### WORK TASK
Could you print every line from the first one of the records below through the line containing "Ok(check(back(&context, &made, steps)?.table()))", with both included and nothing else?

### RAW DATA
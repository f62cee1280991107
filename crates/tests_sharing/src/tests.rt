//! One file for each crate, and what they share.
mod book;
mod texts;
mod versions;
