//! What a call gives of a triangular table and its context, and a check sum of it.
ghost use Rattle.std.specs.Prelude.{◌≡◌, ◌+◌, ◌-◌, ◌*◌, ◌^◌, ◌<◌, ◌≤◌, ℕ, All, IfOk, length, fold};
ghost use Rattle.cg_enc.specs.Enclosure.{IsExponent};
ghost use Rattle.cg_table.specs.Table.{entry, row, start, table_reach};
ghost use Rattle.cg_context.specs.Formulas.{into_sequence_of, root_context};
ghost use Rattle.cg_bench.specs.Fold.{called, check_of, made, made_table, mixed};

use crate::call::Call;
use cg_context::{Context, back, into_sequence, root};
use cg_enc::Enc;
use cg_num::NoMemory;
use cg_table::{Steps, Tri, then};
use std::alloc::Global;
use std::marker::Brand;
use std::sync::ledger::{Blank, Ledger};

/// The most cells of a table.
pub const MOST: usize = 512;

/// The check sum of what a call gives of a table of this many cells, whose entries are made by a rule, and its context.
pub fn check_sum(alloc: Global, call: Call, cells: usize) -> Result<u64, NoMemory>
    requires { cells ≤ 512 }
    ensures { IfOk result (λ sum. sum ≡ check_of (called call cells) cells) }
{
    counted::<Brand>(alloc, call, cells, Blank::new(1))
}

/// The same, with its products counted, for which nobody asks.
fn counted<L: Ledger>(
    alloc: Global,
    call: Call,
    cells: usize,
    blank: Blank,
) -> Result<u64, NoMemory>
    requires few { cells ≤ 512 }
    requires name { blank.name ≡ L.name }
    requires parts { blank.parts ≡ L.parts }
    requires some { 0 < L.parts }
    ensures { IfOk result (λ sum. sum ≡ check_of (called call cells) cells) }
{
    let steps = &mut Steps::<L>::open(blank);
    let made = table(alloc, cells)?;
    match call {
        Call::Then => Ok(check(&then(&made, &made, steps)?)),
        Call::Back => {
            let context = context(&made, steps)?;
            Ok(check(back(&context, &made, steps)?.table()))
        }
        Call::IntoSequence => {
            let context = context(&made, steps)?;
            Ok(check(into_sequence(&made, &context, steps)?.table()))
        }
    }
}

/// A table of entries that are made by a rule.
fn table(alloc: Global, cells: usize) -> Result<Tri, NoMemory>
    requires { cells ≤ 512 }
    ensures value { IfOk result (λ t. t ≡ made_table cells) }
    ensures reach { IfOk result (λ t. table_reach t ≤ 1) }
{
    let mut entries = Vec::new(alloc);
    for place in 0..start(cells) {
        entries.push(made(place as u64))?;
    }
    Ok(Tri::of_entries(cells, entries))
}

/// The context of an item behind this table, in a Sequence that is the whole tree.
fn context<L: Ledger>(made: &Tri, steps: &mut Steps<L>) -> Result<Context, NoMemory>
    requires few { made.now.cells ≤ 512 }
    requires reach { table_reach made.now ≤ 1 }
    ensures value { IfOk result (λ x. x ≡ into_sequence_of made.now (root_context made.now.cells)) }
    ensures reach { IfOk result (λ x. table_reach x ≤ 3) }
{
    let tree = root(made.allocator(), made.cells())?;
    into_sequence(made, &tree, steps)
}

/// The entry at a place, by a rule that spreads its digits.
fn made(place: u64) -> Enc
    ensures value { result ≡ made place }
    ensures near { IsExponent (2 ^ 20) result.exp }
{
    let x = place.wrapping_mul(0x9e37_79b9_7f4a_7c15);
    let hi = 0x4000_0000_0000_0000 + x / 4;
    let places = (x / 0x2000_0000_0000_0000) as i64;
    Enc::of_bounds(hi - x % 1024, hi, -62 - places)
}

/// How many entries a table has.
fn start(cells: usize) -> usize
    requires { cells ≤ 512 }
    ensures { result ≡ start cells cells }
{
    cells * (cells + 1) / 2
}

/// The check sum of all rows of a table.
fn check(t: &Tri) -> u64
    ensures { result ≡ check_of t.now t.now.cells }
{
    let mut sum = 0;
    for a in 0..t.cells() {
        sum = mix(sum, t, a);
    }
    sum
}

/// A check sum, going on with each entry of a row.
fn mix(sum: u64, t: &Tri, a: usize) -> u64
    requires { a < t.now.cells }
    ensures { result ≡ fold mixed sum (row t.now.cells (entry t.now) a) }
{
    let mut sum = sum;
    for b in a..t.cells() {
        let e = t.get(a, b);
        sum = sum
            .wrapping_mul(31)
            .wrapping_add(e.lo())
            .wrapping_add(e.hi());
    }
    sum
}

### WRITTEN RESPONSE
repository f62cee1280991107
filename crates/tests_sharing/src/tests.rt
//! One file for each crate, and what they share.
mod book;
mod texts;
mod versions;
//! What a call gives of a triangular table and its context, and a check sum of it.
ghost use Rattle.std.specs.Prelude.{◌≡◌, ◌+◌, ◌-◌, ◌*◌, ◌^◌, ◌<◌, ◌≤◌, ℕ, All, IfOk, length, fold};
ghost use Rattle.cg_enc.specs.Enclosure.{IsExponent};
ghost use Rattle.cg_table.specs.Table.{entry, row, start, table_reach};
ghost use Rattle.cg_context.specs.Formulas.{into_sequence_of, root_context};
ghost use Rattle.cg_bench.specs.Fold.{called, check_of, made, made_table, mixed};

use crate::call::Call;
use cg_context::{Context, back, into_sequence, root};
use cg_enc::Enc;
use cg_num::NoMemory;
use cg_table::{Steps, Tri, then};
use std::alloc::Global;
use std::marker::Brand;
use std::sync::ledger::{Blank, Ledger};

/// The most cells of a table.
pub const MOST: usize = 512;

/// The check sum of what a call gives of a table of this many cells, whose entries are made by a rule, and its context.
pub fn check_sum(alloc: Global, call: Call, cells: usize) -> Result<u64, NoMemory>
    requires { cells ≤ 512 }
    ensures { IfOk result (λ sum. sum ≡ check_of (called call cells) cells) }
{
    counted::<Brand>(alloc, call, cells, Blank::new(1))
}

/// The same, with its products counted, for which nobody asks.
fn counted<L: Ledger>(
    alloc: Global,
    call: Call,
    cells: usize,
    blank: Blank,
) -> Result<u64, NoMemory>
    requires few { cells ≤ 512 }
    requires name { blank.name ≡ L.name }
    requires parts { blank.parts ≡ L.parts }
    requires some { 0 < L.parts }
    ensures { IfOk result (λ sum. sum ≡ check_of (called call cells) cells) }
{
    let steps = &mut Steps::<L>::open(blank);
    let made = table(alloc, cells)?;
    match call {
        Call::Then => Ok(check(&then(&made, &made, steps)?)),
        Call::Back => {
            let context = context(&made, steps)?;
            Ok(check(back(&context, &made, steps)?.table()))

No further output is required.